Bitcoin rallied toward $62,000 as a short squeeze forced bearish traders into heavy losses. Liquidations hit $281 million on short positions over 24 hours, nearly double the amount wiped from long positions. The move represents Bitcoin's strongest performance in two weeks.
Ether followed suit, gaining almost 10% week-over-week. Solana outpaced both, climbing nearly 19% in the same period. The rally extended across major altcoins as momentum shifted sharply in favor of bulls.
The squeeze accelerated as broader tech stocks rebounded, easing pressure from the AI trade that has dominated market narratives. When tech equities stabilized, capital rotated back into crypto assets, particularly Ethereum and Solana, which had lagged during periods of tech sector weakness.
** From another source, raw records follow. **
// The attestor of a member that shares a key with each signer and each receiver.
ghost use Rattle.std.specs.Prelude.{◌≡◌, ◌-◌, ◌≤◌, [], true, length, slice_index_or};
ghost use Rattle.std.specs.Option.{option_map};
ghost use Rattle.attest.specs.Parts.{part_bytes};

use crate::attestor::{Attestor, MAX_MEMBERS, TAG_ROOM, WillNotSign};
use crate::compare::same_part;
use crate::group::GroupSize;
use crate::parts::{Key, PART, pair_part, pair_tag};

/// The places for keys: one for each member of the largest group, and one for the dealer.
pub const KEY_ROOM: usize = MAX_MEMBERS as usize + 1;

/// A member's keys: `sending` has, from place 0 on, those of the pairs of the member and receiver 1, 2 and on, and
/// `receiving` those of the pairs of signer 0, 1 and on and the member. The key of the pair of the member with itself is in both.
#[derive(Clone, Copy)]
pub struct PairKeys {
    owner: u8,
    group: GroupSize,
    sending: [Key; KEY_ROOM],
    receiving: [Key; KEY_ROOM],
    ghost member: { 1 ≤ owner },
    ghost among: { owner ≤ group.number },
    ghost rows: { group.number ≤ length sending },
    ghost paired: { slice_index_or sending (owner - 1) [] ≡ slice_index_or receiving owner [] },
}

impl PairKeys {
    ghost use Rattle.attest.specs.PairKeys.{key_room, keys_of, given_keys, fit, padded};

    /// The attestor of a member with the keys that it shares with the receivers 1 to n, and with the signers 0 to n. None
    /// where n is 0 or above the most, the owner is not of 1 to n, or the two rows differ in length by other than 1 or in the
    /// key of the member with itself.
    pub fn new(owner: u8, sending: &[Key], receiving: &[Key]) -> Option<PairKeys>
        ensures { option_map keys_of result ≡ given_keys owner sending.now receiving.now }
    {
        if !Self::fits(owner, sending, receiving) {
            return None;
        }
        let group = GroupSize::try_from(sending.len() as u8).ok()?;
        Some(PairKeys {
            owner,
            group,
            sending: Self::row(sending),
            receiving: Self::row(receiving),
        })
    }

    // Whether the rows are those of a member of a group, and agree on the key of the member with itself.
    fn fits(owner: u8, sending: &[Key], receiving: &[Key]) -> bool
        ensures { result ≡ fit owner sending.now receiving.now }
    {
        let members = sending.len();
        let at = owner as usize;
        members <= MAX_MEMBERS as usize
            && receiving.len() == members + 1
            && 0 < at
            && at <= members
            && sending[at - 1] == receiving[at]
    }

    // The keys, and zeros after them.
    fn row(keys: &[Key]) -> [Key; KEY_ROOM]
        requires { length keys.now ≤ key_room }
        ensures { result ≡ padded keys.now }
    {
        let mut row = [[0; 32]; KEY_ROOM];
        row[0..keys.len()].copy_from_slice(keys);
        row
    }
}

impl Attestor for PairKeys {
    ghost use Rattle.attest.specs.PairKeys.{pair_accepts, own_tag};
    ghost use Rattle.attest.specs.PairLaws.{pair_laws};

    const TAG_PER_MEMBER: usize = PART;

    const TAG_FIXED: usize = 0;

    ghost per_member = { part_bytes };

    ghost fixed = { 0 };

    ghost owner = { λ p. p.owner };

    ghost members = { λ p. p.group.number };

    ghost accepts = { pair_accepts };

    ghost signs = { λ p words. true };

    ghost tag_of = { own_tag };

    ghost signed = { λ p words. p };

    ghost laws = { pair_laws };

    fn width(n: u8) -> usize {
        Self::TAG_PER_MEMBER * n as usize + Self::TAG_FIXED
    }

    fn owner_number(&self) -> u8 {
        self.owner
    }

    fn group_size(&self) -> u8 {
        self.group.number()
    }

    fn accept(&self, signer: u8, words: &[u8], tag: &[u8]) -> bool {
        let members = self.group.number();
        if signer > members || tag.len() != PART * members as usize {
            return false;
        }
        let at = self.owner as usize;
        let key = self.receiving[signer as usize];
        same_part(&pair_part(&key, words), &tag[PART * (at - 1)..PART * at])
    }

    fn sign(&mut self, words: &[u8], tag: &mut [u8; TAG_ROOM]) -> Result<usize, WillNotSign> {
        let members = self.group.number() as usize;
        pair_tag(&self.sending[0..members], words, tag).ok_or(WillNotSign)
    }
}
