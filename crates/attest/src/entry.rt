// An entry of the book: a signer and words.
ghost use Rattle.std.specs.Prelude.{◌≡◌, ◌≤◌, length};
ghost use Rattle.attest.specs.Limits.{words_most};
ghost use Rattle.attest.specs.Entry.{blank, entry_of, entry_holds};

use crate::attestor::WORDS_MOST;

/// Who signed, and what: the first `len` bytes of `words`.
#[derive(Clone, Copy)]
pub struct Entry {
    signer: u8,
    len: u8,
    words: [u8; WORDS_MOST],
}

impl Entry {
    /// An entry to fill a new book's table with.
    pub fn blank() -> Entry
        ensures { result ≡ blank }
    {
        Entry {
            signer: 0,
            len: 0,
            words: [0; WORDS_MOST],
        }
    }

    pub(crate) fn of(signer: u8, words: &[u8]) -> Entry
        requires { length words.now ≤ words_most }
        ensures { result ≡ entry_of signer words.now }
    {
        let len = words.len();
        let mut held = [0; WORDS_MOST];
        held[0..len].copy_from_slice(words);
        Entry {
            signer,
            len: len as u8,
            words: held,
        }
    }

    /// Whether it is of this signer and these words.
    pub(crate) fn holds(&self, signer: u8, words: &[u8]) -> bool
        ensures { result ≡ entry_holds self.now signer words.now }
    {
        let len = (self.len as usize).min(WORDS_MOST);
        self.signer == signer && words == &self.words[0..len]
    }
}
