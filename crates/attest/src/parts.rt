// Tags under pair keys: one part for each receiver, under the key that its signer shares with that receiver.
ghost use Rattle.std.specs.Prelude.{◌≡◌, ◌*◌, length, is_some, if◌then◌else◌, Some, None, nat_le};
ghost use Rattle.attest.specs.Limits.{overlay};
ghost use Rattle.attest.specs.Parts.{part_bytes, pair_part, pair_tag};

use digest::hmac;

/// The key that a signer and a receiver share.
pub type Key = [u8; 32];

/// The bytes of one receiver's part of a tag.
pub const PART: usize = 16;

/// The part of a tag for the receiver with which the signer shares the key: the first bytes of HMAC-SHA-256 of the words.
pub(crate) fn pair_part(key: &Key, words: &[u8]) -> [u8; PART]
    ensures { result ≡ pair_part words.now key.now }
{
    let code = hmac(key, words);
    *code.first_chunk().unwrap()
}

/// Writes the tag for the words, under the keys that a signer shares with the receivers 1, 2 and on, to the start of `out`
/// and answers its length; or none where `out` is too short, and nothing is written. So the dealer signs too.
pub fn pair_tag(keys: &[Key], words: &[u8], out: &mut [u8]) -> Option<usize>
    ensures answer { result ≡ (if nat_le (part_bytes * length keys.now) (length out.old) then Some (part_bytes * length keys.now) else None) }
    ensures written { out.new ≡ (if is_some result then overlay out.old (pair_tag keys.now words.now) else out.old) }
{
    if keys.len() > out.len() / PART {
        return None;
    }
    for (i, key) in keys.iter().enumerate() {
        out[PART * i..PART * i + PART].copy_from_slice(&pair_part(key, words));
    }
    Some(PART * keys.len())
}
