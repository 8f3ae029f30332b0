// A comparison whose time does not depend on where the bytes differ.
ghost use Rattle.std.specs.Prelude.{◌≡◌, length, map, fold, bit_or, bit_xor};
ghost use Rattle.std.specs.List.{zip};
ghost use Rattle.std.specs.Str.{bytes_eq};
ghost use Rattle.attest.specs.Parts.{part_bytes};

use crate::parts::PART;

// The bits in which any two bytes of one place differ.
fn differences(part: &[u8], right: &[u8]) -> u8
    ensures { result ≡ fold bit_or 0 (map (λ p. bit_xor p.0 p.1) (zip part.now right.now)) }
{
    part.iter()
        .zip(right)
        .map(|(a, b)| *a ^ *b)
        .fold(0, |all, bits| all | bits)
}

/// Whether the part of a tag is the right one. It looks at all bytes, and tests once.
pub(crate) fn same_part(right: &[u8; PART], part: &[u8]) -> bool
    requires { length part.now ≡ part_bytes }
    ensures { result ≡ bytes_eq part.now right.now }
{
    differences(part, right) == 0
}
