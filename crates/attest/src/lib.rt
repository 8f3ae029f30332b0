// Attestors: who signed which words. The trait with its meaning, and two implementations of it.
#![tactic(auto)]

pub mod attestor;
pub mod book;
mod compare;
pub mod entry;
pub mod group;
pub mod pair_keys;
pub mod parts;
pub mod signings;
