// What holds of signings: for every attestor, and between members with pair keys.
ghost use Rattle.attest.specs.PairKeys.{AcceptedByReceivers};
ghost use Rattle.attest.specs.Signings.{Attested};

use crate::attestor::Attestor;

/// Whatever was accepted stays accepted over any list of signings, and each tag given is accepted for the owner afterwards.
pub fn signings_stand<A: Attestor>() -> u8
    ensures { Attested A A.Attestor }
{
    0
}

/// A tag under a signer's keys is accepted as that signer's by each member that shares the key at its own place.
pub fn receivers_accept() -> u8
    ensures { AcceptedByReceivers }
{
    0
}
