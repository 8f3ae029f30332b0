// The book: an attestor over a lent table of entries, for members that share one process.
ghost use Rattle.std.specs.Prelude.{◌≡◌, ◌+◌, ◌*◌, ◌≤◌, max, is_ok, if◌then◌else◌, nat_le};
ghost use Rattle.attest.specs.Book.{entered, holds_at, book_over, handed_to, book_accepts, book_signs, book_tag, book_signed};
ghost use Rattle.attest.specs.BookLaws.{book_laws};

use crate::attestor::{Attestor, TAG_ROOM, WORDS_MOST, WillNotSign};
use crate::entry::Entry;
use crate::group::GroupSize;

/// The most entries of a book, however long its table.
pub const BOOK_MOST: u32 = 4096;

/// Who signed which words, for members that share one process. A tag is the place of its entry, from 0, in four bytes, the
/// highest first. The book is in the hands of one of them at a time.
#[derive(Drop)]
pub struct Book<'a> {
    owner: u8,
    group: GroupSize,
    count: u32,
    entries: &'a mut [Entry],
}

/// The number is of no member of the group, nor of the dealer.
#[derive(Clone, Copy, Debug, PartialEq, Eq)]
pub struct NotAMember;

impl<'a> Book<'a> {
    /// A book with no entry, over a lent table, in the hands of the dealer. The table stays as it is.
    pub fn over(entries: &'a mut [Entry], group: GroupSize) -> Book<'a>
        ensures { result ≡ book_over entries.entry group }
    {
        Book {
            owner: 0,
            group,
            count: 0,
            entries,
        }
    }

    /// Makes it the attestor of another member, or of the dealer; one that is neither is refused. All that it accepted it
    /// accepts.
    pub fn hand_to(&mut self, member: u8) -> Result<(), NotAMember>
        ensures answer { is_ok result ≡ nat_le member self.old.group.number }
        ensures state { self.new ≡ (if is_ok result then handed_to member self.old else self.old) }
        ensures accepted { book_accepts self.new ≡ book_accepts self.old }
    {
        if member > self.group.number() {
            return Err(NotAMember);
        }
        self.owner = member;
        Ok(())
    }

    // Whether there is an entry at the place, of this signer and these words.
    fn holds_at(&self, place: u32, signer: u8, words: &[u8]) -> bool
        ensures { result ≡ holds_at (entered self.now) place signer words.now }
    {
        let entered = (self.count as usize).min(self.entries.len());
        self.entries[..entered]
            .get(place as usize)
            .is_some_and(|entry| entry.holds(signer, words))
    }
}

impl Attestor for Book<'_> {
    const TAG_PER_MEMBER: usize = 0;

    const TAG_FIXED: usize = 4;

    ghost per_member = { 0 };

    ghost fixed = { 4 };

    ghost owner = { λ b. b.owner };

    ghost members = { λ b. b.group.number };

    ghost accepts = { book_accepts };

    ghost signs = { book_signs };

    ghost tag_of = { book_tag };

    ghost signed = { book_signed };

    ghost laws = { book_laws };

    // an impl of a type with a lifetime writes the clauses of a function without `self` out
    fn width(n: u8) -> usize
        ensures value { result ≡ 0 * n + 4 }
        ensures within { result ≤ 16 * max 4 n }
    {
        Self::TAG_PER_MEMBER * n as usize + Self::TAG_FIXED
    }

    fn owner_number(&self) -> u8 {
        self.owner
    }

    fn group_size(&self) -> u8 {
        self.group.number()
    }

    fn accept(&self, signer: u8, words: &[u8], tag: &[u8]) -> bool {
        let Ok(place) = tag.try_into() else {
            return false;
        };
        self.holds_at(u32::from_be_bytes(place), signer, words)
    }

    fn sign(&mut self, words: &[u8], tag: &mut [u8; TAG_ROOM]) -> Result<usize, WillNotSign> {
        let place = self.count;
        // longer bytes are no words
        if words.len() > WORDS_MOST || place >= BOOK_MOST || place as usize >= self.entries.len() {
            return Err(WillNotSign);
        }
        tag[0..4].copy_from_slice(&place.to_be_bytes());
        self.entries[place as usize] = Entry::of(self.owner, words);
        self.count = place + 1;
        Ok(4)
    }
}
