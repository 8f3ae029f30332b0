// The size of a group of members.
ghost use Rattle.std.specs.Prelude.{◌≡◌, ◌≤◌};
ghost use Rattle.attest.specs.Limits.{max_members};

use crate::attestor::MAX_MEMBERS;

/// How many members a group has: 1 to `MAX_MEMBERS`.
#[derive(Clone, Copy, Debug, PartialEq, Eq)]
pub struct GroupSize {
    number: u8,
    ghost some: { 1 ≤ number },
    ghost few: { number ≤ max_members },
}

/// The number is 0 or above the most.
#[derive(Clone, Copy, Debug, PartialEq, Eq)]
pub struct NoGroupSize;

impl GroupSize {
    pub fn number(&self) -> u8
        ensures { result ≡ self.now.number }
    {
        self.number
    }
}

impl TryFrom<u8> for GroupSize {
    ghost use Rattle.attest.specs.Group.{Sized};

    type Error = NoGroupSize;

    ghost try_from_gives = { Sized };

    fn try_from(number: u8) -> Result<GroupSize, NoGroupSize> {
        if number == 0 || number > MAX_MEMBERS {
            return Err(NoGroupSize);
        }
        Ok(GroupSize { number })
    }
}
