//! A copy of two batches of a letter each, turn by turn, over devices in memory. Values worked by hand.

ghost use Rattle.segment_meta.specs.Rules.{IsNote};
ghost use Rattle.meta_log.specs.Content.{AreNotes};

use crate::given::{
    FINISHED, PACKED_FINISHED, PACKED_STARTED, PARTITION, STATE, batches, failing_log,
    failing_store, grows, id, key, tells_with,
};
use bytes::Bytes;
use copy_task::{CopyStep, Copying, candidate, copy_turn};
use epoch_line::Line;
use meta_log::{EventOrigin, MemoryLog, MetaCall, MetaLog};
use object_store::{MemoryStore, ObjectKey, Store, StoreCall, place};
use plain_log::{Answer, Place, Turn};
use remote_view::View;
use segment_bundle::Bundle;
use segment_file::{Closed, Growing};
use segment_meta::{Note, encode};
use std::alloc::{AllocError, Global};
use std::marker::Model;
use tier_base::{BrokerId, Part, State};
use view_refresh::refresh;

/// The copy starts, at 5 milliseconds.
static STARTED: [u8; 75] = [
    0, 0, // version, kind
    0, 0, 0, 0, 0, 0, 0, 1, 0, 0, 0, 0, 0, 0, 0, 0, // id
    0, 0, // partition
    0, 0, 0, 0, 0, 0, 0, 0, // start
    0, 0, 0, 0, 0, 0, 0, 1, // end
    0, 0, 0, 0, 0, 0, 3, 0xe8, // max_ts
    0, 0, // broker
    0, 0, 0, 0, 0, 0, 0, 5, // event_ts
    0, 0, 0, 0x8a, // size
    0, // state
    0, 0, 0, 1, // count
    0, 0, 0, 0, // epoch
    0, 0, 0, 0, 0, 0, 0, 0, // its start
];

/// Broker 1 reports at 6 milliseconds that it deletes the segment.
static DELETED: [u8; 29] = [
    0, 1, // version, kind
    0, 0, 0, 0, 0, 0, 0, 1, 0, 0, 0, 0, 0, 0, 0, 0, // id
    0, 1, // broker
    0, 0, 0, 0, 0, 0, 0, 6, // event_ts
    2, // state
];
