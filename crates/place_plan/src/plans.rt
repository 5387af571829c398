//! Plans: the places into which the plays of a draft unfold, and how many there are.

pub mod action_size;
pub(crate) mod alternates;
pub(crate) mod bound;
pub(crate) mod places;
pub mod plan;
pub mod tables;
pub mod unfolded;
pub(crate) mod unfolding;
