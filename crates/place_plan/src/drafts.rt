//! Drafts: what a plan is made of, and the rules that a draft keeps.

pub mod close;
pub(crate) mod depth;
pub mod differing;
pub mod draft;
pub mod draft_rows;
pub(crate) mod fitting;
pub mod object_list;
pub(crate) mod ranges;
pub mod uses;
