//! Plans of coordinated atomic actions, the rules that a journal of a plan keeps, and the trait of a machine that plays one.
#![tactic(auto)]

pub mod drafts;
pub mod plans;
pub mod rules;
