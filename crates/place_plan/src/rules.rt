//! The rules of a journal, as far as code asks them, and what a machine is.

pub mod machine;
pub(crate) mod member;
pub mod one_entry;
pub mod value;
pub mod well_formed;
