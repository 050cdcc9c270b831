// The sum of a chain: `constrain(a+b=3)`. Writers of the kind of `shown`.
ghost use Rattle.std.specs.Prelude.{map, ◌+◌, ◌^◌, ◌<◌};
ghost use Rattle.writer.specs.emit.Text.{Written};
ghost use Rattle.reading_rules.specs.reading.Names.{name_of};
ghost use Rattle.reading_rules.specs.reading.Parting.{joined};
ghost use Rattle.reading_rules.specs.reading.Molecule.{sum};
ghost use Rattle.reading_rules.specs.reading.Show.{show_sum};
ghost use Rattle.line_parts.specs.shown.Chained.{shown_parts, listed};
ghost use Rattle.line_parts.specs.shown.Notes.{numbers_from, sum_list};

use super::shown::{put_numbered, put_part_lead, put_parting};
use super::variable::put_name;
use writer::put_all;

// A variable of a sum.
fn put_variable(out: &mut [u8], at: usize, more: bool, v: u32) -> usize
    ensures { Written out.old at (listed more 43 (name_of v)) out.new result }
{
    let p = put_parting(out, at, more, b'+');
    put_name(out, p, v)
}

// The variables v, v + 1, .., so many.
fn put_variables(out: &mut [u8], at: usize, v: u32, count: u32) -> usize
    requires { v + count < 2 ^ 32 }
    ensures { Written out.old at (joined 43 (map name_of (numbers_from v count))) out.new result }
{
    let mut p = at;
    for i in 0..count {
        p = put_variable(out, p, 0 < i, v + i);
    }
    p
}

fn put_sum_text(out: &mut [u8], at: usize, v: u32, count: u32, total: u32) -> usize
    requires { v + count < 2 ^ 32 }
    ensures { Written out.old at (show_sum (sum (numbers_from v count) total)) out.new result }
{
    let p = put_all(out, at, b"constrain(");
    let q = put_variables(out, p, v, count);
    put_numbered(out, q, b"=", total, b')')
}

// The sum of a chain with n unlocated bonds whose first variable is v: its n + 1 variables and their total. None where n is 0.
pub fn put_sum(out: &mut [u8], at: usize, first: bool, v: u32, n: u32, total: u32) -> usize
    requires { v + n + 1 < 2 ^ 32 }
    ensures { Written out.old at (shown_parts first (map show_sum (sum_list v n total))) out.new result }
{
    if n == 0 {
        return at;
    }
    let p = put_part_lead(out, at, first);
    put_sum_text(out, p, v, n + 1, total)
}
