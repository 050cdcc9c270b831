// The parts of a line after its text, one by one: names of variables, repeat marks, site lists, sums, and what stands between them. What is
// written is what the reading rules show. Writers: past the end of the slice they drop and count; atoms and variables have to stay below 2^32,
// and an sn has one digit. Nothing is refused.
#![tactic(auto)]

mod marks;
pub mod shown;
pub mod sites;
mod sums;
mod variable;

pub use marks::put_marks;
pub use shown::{
    MAX_SITES, Site, put_block_lead, put_blocks_end, put_label, put_part_lead, put_parting,
};
pub use sites::put_sites;
pub use sums::put_sum;
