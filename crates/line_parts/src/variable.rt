// The names of variables in a line. The writer is of the kind of `writer::emit`: it stores nothing past the end and counts on. The names are those
// of the reading rules.
ghost use Rattle.writer.specs.emit.Text.{Written};
ghost use Rattle.reading_rules.specs.reading.Names.{name_of};

use writer::put;

// The name of a variable; past zz the names begin again.
pub fn put_name(out: &mut [u8], at: usize, v: u32) -> usize
    ensures { Written out.old at (name_of v) out.new result }
{
    let w = v % 702;
    if w < 26 {
        return put(out, at, (97 + w) as u8);
    }
    let p = put(out, at, (97 + (w - 26) / 26) as u8);
    put(out, p, (97 + (w - 26) % 26) as u8)
}
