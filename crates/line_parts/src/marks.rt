// The repeat marks of a chain with unlocated double bonds: `Sg:n:3:a:ht,Sg:n:6:b:ht`. Writers of the kind of `shown`.
ghost use Rattle.std.specs.Prelude.{[], ◌∷◌, map, ◌+◌, ◌*◌, ◌^◌, ◌<◌};
ghost use Rattle.writer.specs.emit.Text.{Written};
ghost use Rattle.reading_rules.specs.reading.Molecule.{at as noted};
ghost use Rattle.reading_rules.specs.reading.Show.{show_mark};
ghost use Rattle.chain_rules.specs.chain.Drawing.{mark_list};
ghost use Rattle.line_parts.specs.shown.Chained.{shown_blocks};
ghost use Rattle.line_parts.specs.shown.Notes.{marks_below};

use super::shown::{put_block_lead, put_numbered};
use super::variable::put_name;
use writer::put_all;

fn put_mark_text(out: &mut [u8], at: usize, atom: u32, v: u32) -> usize
    ensures { Written out.old at (show_mark (noted atom v)) out.new result }
{
    let p = put_numbered(out, at, b"Sg:n:", atom, b':');
    let q = put_name(out, p, v);
    put_all(out, q, b":ht")
}

// One mark.
fn put_mark(out: &mut [u8], at: usize, first: bool, atom: u32, v: u32) -> usize
    ensures { Written out.old at (shown_blocks first (show_mark (noted atom v) ∷ [])) out.new result }
{
    let p = put_block_lead(out, at, first);
    put_mark_text(out, p, atom, v)
}

// The marks before the last: on atoms p, p + 2, .., so many.
fn put_marks_below(out: &mut [u8], at: usize, first: bool, p: u32, v: u32, n: u32) -> usize
    requires n_bound { p + 2 * n < 2 ^ 32 }
    requires n_bound_2 { v + n < 2 ^ 32 }
    ensures { Written out.old at (shown_blocks first (map show_mark (marks_below p v n))) out.new result }
{
    let mut next = at;
    let mut lead = first;
    for i in 0..n {
        next = put_mark(out, next, lead, p + 2 * i, v + i);
        lead = false;
    }
    next
}

// All marks of a chain with n unlocated bonds whose first flexible carbon is atom p and whose first variable is v. None where n is 0.
pub fn put_marks(out: &mut [u8], at: usize, first: bool, p: u32, v: u32, n: u32) -> usize
    requires n_bound { p + 2 * n + 1 < 2 ^ 32 }
    requires n_bound_2 { v + n < 2 ^ 32 }
    ensures { Written out.old at (shown_blocks first (map show_mark (mark_list p v n))) out.new result }
{
    if n == 0 {
        return at;
    }
    let next = put_marks_below(out, at, first, p, v, n);
    put_mark(out, next, false, p + 2 * n + 1, v + n)
}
Short liquidations tell the real story here. Traders who bet on lower prices got caught in a vise as buying pressure mounted. The $281 million in short liquidations versus roughly $140 million in long liquidations shows bears were caught more exposed than bulls. This type of asymmetric liquidation cascade often accelerates rallies as forced sellers trigger stop-losses and margin calls cascade through the system.
The timing matters. Bitcoin spent the previous two weeks consolidating below resistance. This squeeze broke through that stasis, with the $62,000 level now acting as fresh resistance for the next leg. Ether's 10% weekly gain suggests it's following Bitcoin's lead but with added momentum from renewed interest in layer-2 scaling and DeFi protocols.
Solana's 19% outperformance hints at sector rotation into network tokens that underperformed during the prior weeks. The gap between Solana's gains and Ether's suggests traders are chasing relative strength rather than buying based on fundamental narratives.